In one of yesteerdays articles, Andrew Mullhaupt refers to two APL
programmers, remarks that this thread has wandered, and that he has been
misunderstood, and speculates about some FORTRAN code.


The two APLers:  it was the same guy, namely me.

Wandering:  threads _will_ wander.

Misunderstandings:  not everything in the thread is a reply to the 
original article (see immediately above).
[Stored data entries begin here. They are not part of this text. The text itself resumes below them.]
// A document.
ghost use Rattle.std.specs.Prelude.{◌≡◌, ◌⊎◌, ◌<◌, ◌≤◌, ◌↔◌, true, false, List, [], ◌∷◌, ◌++◌, length, IfOk, IfErr, IfSome, OnOk, OnErr, Some, slice_get};
ghost use Rattle.std.specs.Option.{option_map};
ghost use Rattle.dom_tree.specs.Node.{node_with};
ghost use Rattle.dom_tree.specs.Nodes.{Fits, parent_of, children_of, is_child, is_text, is_in_document, IsInDocument};
ghost use Rattle.dom_tree.specs.Changes.{changed, appended, inserted, removed, would_cycle};
ghost use Rattle.dom_tree.specs.Names.{value_named, attributes_of, with_value, without_name, with_attributes, with_text, with_own_value, keeps_value_in, fresh, kind_of_new};
ghost use Rattle.dom_tree.specs.Reading.{IsRead};
ghost use Rattle.dom_tree.specs.Order.{node_by_id, node_by_path, first_child, last_child, next_sibling, previous_sibling, next_within};

use crate::kin::{
    first_child, is_in_document, last_child, next_sibling, next_within, previous_sibling,
};
use crate::moves::{append_child, insert_child, is_child, remove_child, would_cycle};
use crate::order::{node_by_id, node_by_path};
use crate::parts::{Kind, NewNode, NodeData};
use crate::reading::read_nodes;
use crate::writes::{push_node, remove_attribute, set_attribute, set_text, set_value};
use html_profile::Document;
use mug_text::{INDEX_END, JText, NoMemory};
use std::alloc::{AllocError, Global};
use std::marker::Model;
use thiserror::Error;

/// The nodes of a document that is changed: at most so many, so that there are fewer than
/// `INDEX_END`.
pub const NODE_LIMIT: u32 = INDEX_END - 1;

/// Why a document is not changed.
#[derive(Clone, Copy, Debug, PartialEq, Eq, Error)]
pub enum DomFault {
    /// The node before which a child is to stand, or the child that is to be taken away, is no
    /// child of the parent (DOM Standard, NotFoundError).
    #[error("not found")]
    NotFound,
    /// The child is the parent, an ancestor of it or the document, or the parent is a text
    /// (DOM Standard, HierarchyRequestError).
    #[error("would make a cycle")]
    WouldCycle,
    /// There are as many nodes as there may be.
    #[error("full")]
    Full,
    #[error("out of memory")]
    NoMemory,
}

impl From<AllocError> for DomFault {
    ghost use Rattle.dom_tree.specs.declared.dom.DomFault.TheVariants.{NoMemory as no_memory};

    ghost from_gives = { λ _ fault. fault ≡ no_memory };

    fn from(_error: AllocError) -> DomFault {
        DomFault::NoMemory
    }
}

impl From<NoMemory> for DomFault {
    ghost use Rattle.dom_tree.specs.declared.dom.DomFault.TheVariants.{NoMemory as no_memory};

    ghost from_gives = { λ _ fault. fault ≡ no_memory };

    fn from(_error: NoMemory) -> DomFault {
        DomFault::NoMemory
    }
}

/// A document, as the list of its nodes.
#[derive(Debug, Drop)]
pub struct Dom {
    alloc: Global,
    nodes: Vec<NodeData>,
}

impl Model for Dom {
    ghost use Rattle.std.specs.Prelude.{◌<◌, ◌^◌, List, length};
    ghost use Rattle.dom_tree.specs.Node.{DomNode};
    ghost use Rattle.dom_tree.specs.inner.Kept.{nodes_of, IsLinked};

    ghost Value = { List DomNode };

    ghost view = { λ d. nodes_of d.nodes.items };

    ghost invariant = { λ d. IsLinked d.nodes.items × (length d.nodes.items < 2 ^ 32) };
}

impl Dom {
    /// The document that a page is: the same nodes, each with its number. An input's value is its
    /// attribute `value`, and a textarea's its text.
    pub fn from_document(alloc: Global, doc: &Document) -> Result<Dom, NoMemory>
        ensures { IfOk result (λ dom. IsRead doc.now.nodes dom) }
    {
        let nodes = read_nodes(alloc, doc)?;
        Ok(Dom { alloc, nodes })
    }

    /// How many nodes there are.
    pub fn count(&self) -> u32
        ensures is { result ≡ length self.now }
        ensures fits { Fits self.now }
    {
        self.nodes.len() as u32
    }

    /// What is kept of the node of this number. What stands around it is asked for by calls of
    /// their own.
    pub fn node(&self, id: u32) -> &NodeData
        requires { id < length self.now }
        ensures { slice_get self.now id ≡ Some (node_with (children_of self.now id) result.now) }
    {
        &self.nodes[id as usize]
    }

    /// Makes a node outside the document; a value that it keeps is empty.
    pub fn create(&mut self, kind: NewNode) -> Result<u32, DomFault>
        ensures ok { IfOk result
            (λ id. (id ≡ length self.old)
            × (self.new ≡ self.old ++ fresh (kind_of_new kind) ∷ [])) }
        ensures full { (result ≡ Err DomFault.Full) ↔ (NODE_LIMIT ≤ length self.old) }
        ensures others { IfErr result
            (λ fault. (fault ≡ DomFault.Full) ⊎ (fault ≡ DomFault.NoMemory)) }
        ensures err { OnErr result (self.new ≡ self.old) }
    {
        let id = self.nodes.len();
        if id >= NODE_LIMIT as usize {
            return Err(DomFault::Full);
        }
        let kind = match kind {
            NewNode::Element(name) => Kind::Element(name),
            NewNode::Text(text) => Kind::Text(text),
        };
        let node = NodeData::fresh(self.alloc, kind)?;
        push_node(&mut self.nodes, node)?;
        Ok(id as u32)
    }

    /// Makes the child the last one of the parent.
    pub fn append(&mut self, parent: u32, child: u32) -> Result<(), DomFault>
        requires parent { parent < length self.old }
        requires child { child < length self.old }
        ensures ok { OnOk result (self.new ≡ appended parent child self.old) }
        ensures cycle { (result ≡ Err DomFault.WouldCycle)
            ↔ (would_cycle self.old parent child ≡ true) }
        ensures others { IfErr result (λ fault. fault ≡ DomFault.WouldCycle) }
        ensures err { OnErr result (self.new ≡ self.old) }
    {
        if would_cycle(&self.nodes, parent, child) {
            return Err(DomFault::WouldCycle);
        }
        append_child(&mut self.nodes, parent, child);
        Ok(())
    }

    /// Puts the child in front of another child of the parent.
    pub fn insert_before(&mut self, parent: u32, child: u32, before: u32) -> Result<(), DomFault>
        requires parent { parent < length self.old }
        requires child { child < length self.old }
        ensures ok { OnOk result (self.new ≡ inserted parent child before self.old) }
        ensures cycle { (result ≡ Err DomFault.WouldCycle)
            ↔ (would_cycle self.old parent child ≡ true) }
        ensures not_found { (result ≡ Err DomFault.NotFound)
            ↔ ((would_cycle self.old parent child ≡ false)
            × (is_child self.old parent before ≡ false)) }
        ensures others { IfErr result
            (λ fault. (fault ≡ DomFault.WouldCycle) ⊎ (fault ≡ DomFault.NotFound)) }
        ensures err { OnErr result (self.new ≡ self.old) }
    {
        let found = is_child(&self.nodes, parent, before);
        if would_cycle(&self.nodes, parent, child) {
            return Err(DomFault::WouldCycle);
        }
        if !found {
            return Err(DomFault::NotFound);
        }
        if child == before {
            return Ok(());
        }
        insert_child(&mut self.nodes, parent, child, before);
        Ok(())
    }

    /// Takes the child from the parent.
    pub fn remove(&mut self, parent: u32, child: u32) -> Result<(), DomFault>
        ensures ok { OnOk result (self.new ≡ removed child self.old) }
        ensures not_found { (result ≡ Err DomFault.NotFound)
            ↔ (is_child self.old parent child ≡ false) }
        ensures others { IfErr result (λ fault. fault ≡ DomFault.NotFound) }
        ensures err { OnErr result (self.new ≡ self.old) }
    {
        if !is_child(&self.nodes, parent, child) {
            return Err(DomFault::NotFound);
        }
        remove_child(&mut self.nodes, child);
        Ok(())
    }

    /// The value of the attribute of this name.
    pub fn attribute(&self, node: u32, name: &JText) -> Option<&JText>
        requires { node < length self.now }
        ensures { option_map (λ value. value.now) result
            ≡ value_named name.now (attributes_of self.now node) }
    {
        self.nodes[node as usize].attributes.value(name)
    }

    /// Gives the attribute of this name a value.
    pub fn set_attribute(&mut self, node: u32, name: &JText, value: &JText) -> Result<(), NoMemory>
        requires { node < length self.old }
        ensures ok { OnOk result
            (self.new ≡ changed (with_attributes (with_value name.now value.now)) node self.old) }
        ensures err { OnErr result (self.new ≡ self.old) }
    {
        let name = name.copy()?;
        let value = value.copy()?;
        set_attribute(&mut self.nodes, node, name, value)?;
        Ok(())
    }

    /// Takes the attribute of this name away.
    pub fn remove_attribute(&mut self, node: u32, name: &JText)
        requires { node < length self.old }
        ensures { self.new ≡ changed (with_attributes (without_name name.now)) node self.old }
    {
        remove_attribute(&mut self.nodes, node, name);
    }

    /// Gives a text other units.
    pub fn set_text(&mut self, node: u32, text: JText)
        requires { is_text self.old node ≡ true }
        ensures { self.new ≡ changed (with_text text) node self.old }
    {
        set_text(&mut self.nodes, node, text);
    }

    /// Gives an input or a textarea a value.
    pub fn set_value(&mut self, node: u32, value: JText)
        requires { keeps_value_in (slice_get self.old node) ≡ true }
        ensures { self.new ≡ changed (with_own_value value) node self.old }
    {
        set_value(&mut self.nodes, node, value);
    }

    /// The first element of the document, in tree order, with this id.
    pub fn by_id(&self, id: &JText) -> Option<u32>
        ensures is { result ≡ node_by_id self.now id.now }
        ensures there { IfSome result (λ node. IsInDocument self.now node) }
    {
        node_by_id(&self.nodes, id)
    }

    /// The node that child numbers lead to from the document; 0 is the first child.
    pub fn by_path(&self, path: &[u32]) -> Option<u32>
        ensures is { result ≡ node_by_path self.now path.now }
        ensures there { IfSome result (λ node. IsInDocument self.now node) }
    {
        node_by_path(&self.nodes, path)
    }

    /// Whether the node is the document or stands below it; no node that isn't there does.
    pub fn is_in_document(&self, node: u32) -> bool
        ensures { result ≡ is_in_document self.now node }
    {
        is_in_document(&self.nodes, node)
    }

    pub fn first_child(&self, node: u32) -> Option<u32>
        requires { node < length self.now }
        ensures is { result ≡ first_child self.now node }
        ensures there { IfSome result (λ child. is_child self.now node child ≡ true) }
    {
        first_child(&self.nodes, node)
    }

    pub fn last_child(&self, node: u32) -> Option<u32>
        requires { node < length self.now }
        ensures is { result ≡ last_child self.now node }
        ensures there { IfSome result (λ child. is_child self.now node child ≡ true) }
    {
        last_child(&self.nodes, node)
    }

    pub fn next_sibling(&self, node: u32) -> Option<u32>
        requires { node < length self.now }
        ensures is { result ≡ next_sibling self.now node }
        ensures there { IfSome result (λ x. x < length self.now) }
        ensures beside { IfSome result (λ x. parent_of self.now x ≡ parent_of self.now node) }
    {
        next_sibling(&self.nodes, node)
    }

    pub fn previous_sibling(&self, node: u32) -> Option<u32>
        requires { node < length self.now }
        ensures is { result ≡ previous_sibling self.now node }
        ensures there { IfSome result (λ x. x < length self.now) }
        ensures beside { IfSome result (λ x. parent_of self.now x ≡ parent_of self.now node) }
    {
        previous_sibling(&self.nodes, node)
    }

    /// The node that follows in tree order (DOM Standard, 1.1) within the tree below a root; asked
    /// for again and again from the root on, it gives all that is below it.
    pub fn next_within(&self, root: u32, node: u32) -> Option<u32>
        requires { node < length self.now }
        ensures is { result ≡ next_within self.now root node }
        ensures there { IfSome result (λ x. x < length self.now) }
    {
        next_within(&self.nodes, root, node)
    }
}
And here's the fortran code, reconstucted from memory, but sans capital
letters:


       subroutine partsum (count1, count2, lenvec, itmvec, result)
       integer*4 count1, count2, itmndx
       integer*4 lenvec(count1), result(count1), result(count2)

       itmndx=0
       do 40 j=1,count1,1
           result(j) = 0
           do 20 k=1,lenvec(j),1 
	      itmndx = 1+itmndx    
              result(j)=result(j)+itmvec(itmndx+j)
  20       continue
           itmndx=itmndx+lenvec(j)
  40   continue
       return  


From a quick scan, it looks to me like this could be coded in assembler
so as to do the work using only general registers, which means that 
there should be _no_ reads except for the count parameters and one touch 
on each item of {lenvec} and of {itmvec}, and only one write to {result}   
for each item of {lenvec}, and the source is short enough that I expected
the compiler to produce that kind of machine code.  I don't have the
compiler output (it _has_ been several years), but I looked at the
pseudo-assembler listing back when, and there was a lot of memory I/O --
the comparisons for the loop variables were the culprits, as I recall.
The obvious assembler techniques -- "BCTR" to control the loops and
"LA k,4(j,k)" to advance the data indices -- were _not_ generated.  For
OPTIMIZE(0) compilations, this is OK, but for OPTIMIZE(2)???  

BTW, what test can I eliminate from this code?

In any case, the points I wanted to make were two:  first, compilation
doesn't always mean you get close-to-optimal code; and second, the
assembler code which underlies APL2 is in many cases _very_ well tuned,
probably better than average pretty-good compiler output.